HTTP::payload replace [string first "To>https://" [HTTP::payload]] 16 "To>http://"

 

}

 

pool epidev-msgservers-http

 

p ersist none

 

}

 

}

 

 

But that did even less and didn't even set the pool correctly.

 

 

Anyone done this before or point me in the right direction??!
  • What you are doing looks correct aside from the offset value in the HTTP::payload replace command

     

     

    HTTP::payload replace offset length new_string

     

     

    You are passing in a value of 16 for length when I believe it should be the length of "To>https://" which is 11.

     

     

    You cannot reliably do this in the HTTP_REQUEST method because at this point the content is not guaranteed to be received yet.

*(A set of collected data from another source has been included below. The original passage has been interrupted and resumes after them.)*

//! What a host makes of a packet that reaches it.

ghost use Rattle.std.specs.Prelude.{◌≡◌, Ok, Err, MatchResult};
ghost use Rattle.packet_defs.specs.Packet.{difference};
ghost use Rattle.packet_defs.specs.Host.{decode, body_of, kind_of, has_route};
ghost use Rattle.myri_packet.specs.Bodies.{parts_of};

use crate::packet::Packet;
use packet_defs::{HostDrop, Kind};

/// The payload of a packet, by its kind.
#[derive(Clone, Copy, Debug)]
pub enum Body<'a> {
    /// The bytes after type 0x0005: a mapper's packet, or an answer to one.
    Mapping(&'a [u8]),
    /// The bytes after type 0x0008: a fragment of a message, or an acknowledgement of fragments.
    Gm(&'a [u8]),
}

/// The payload of a packet that reached a host, or the first reason to drop it: `BadCrc`, `RouteLeft` where the head
/// begins with 0x80 or more, `Malformed` where the head is shorter than a type, `UnknownType`.
pub fn decode_at_host(p: &Packet) -> Result<Body<'_>, HostDrop>
    ensures { MatchResult result (λ body. decode p.now ≡ Ok (parts_of body)) (λ drop. decode p.now ≡ Err drop) }
{
    if !p.is_sound() {
        return Err(HostDrop::BadCrc);
    }
    let head = p.head();
    if has_route(head) {
        return Err(HostDrop::RouteLeft);
    }
    body_of(head)
}

/// Whether a head has a route left: it begins with 0x80 or more.
pub fn has_route(head: &[u8]) -> bool
    ensures { result ≡ has_route head.now }
{
    match head {
        [] => false,
        [byte, ..] => 0x80 <= *byte,
    }
}

// The payload of a head without a route.
fn body_of(head: &[u8]) -> Result<Body<'_>, HostDrop>
    ensures { MatchResult result (λ body. body_of head.now ≡ Ok (parts_of body)) (λ drop. body_of head.now ≡ Err drop) }
{
    match head {
        [high, low, payload @ ..] => match kind_of(u16::from(*high) * 256 + u16::from(*low)) {
            Some(Kind::Mapping) => Ok(Body::Mapping(payload)),
            Some(Kind::Gm) => Ok(Body::Gm(payload)),
            None => Err(HostDrop::UnknownType),
        },
        _ => Err(HostDrop::Malformed),
    }
}

// The kind of a type number.
fn kind_of(number: u16) -> Option<Kind>
    ensures { result ≡ kind_of number }
{
    match number {
        0x0005 => Some(Kind::Mapping),
        0x0008 => Some(Kind::Gm),
        _ => None,
    }
}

You must use the HTTP::collect method in HTTP_REQUEST to ensure that the amount of content you requested is received. After a HTTP::collect method is called, the HTTP_RECEIVE_DATA event is raised and you can then access the HTTP::payload at that time.

     

     

    You can do this in one big chunk (up to [HTTP::header Content-Length]) or at little pieces at a time with successive calls to HTTP::collect.

     

     

    Another issue with your original code could be that the header isn't in the first 1024 bytes of the request. It's better to request the entire Content-Length (unless it's huge).

     

     

    In your case, I would do something like the following:

     

     

     when HTTP_REQUEST { 
       set clen [HTTP::header Content-Length] 
       if { not [info exists clen] or "" eq $clen } { 
         set clen 4096 
       } 
       HTTP::collect $clen 
     } 
      
     when HTTP_REQUEST_DATA { 
       set old_content "To>https://" 
       set new_content "To>http://" 
       set len_old_content [string length $old_content] 
      
       set offset [string first $old_content [HTTP::payload]] 
       if { $offset >= 0 } { 
         log local0. "Found '$old_content' in payload at offset $offset" 
         log local0. "Content Before: [HTTP::payload]" 
         HTTP::payload replace $offset $len_old_content $new_content 
         log local0. "Content After : [HTTP::payload]" 
       } else { 
         log local0. "Didn't find '$old_content' in payload!" 
         log local0. "Payload: [HTTP::payload]" 
       } 
     }

     

     

    The log statements will put the payload before and after the replace in the /var/log/ltm file. This should help with troubleshooting if things don't work.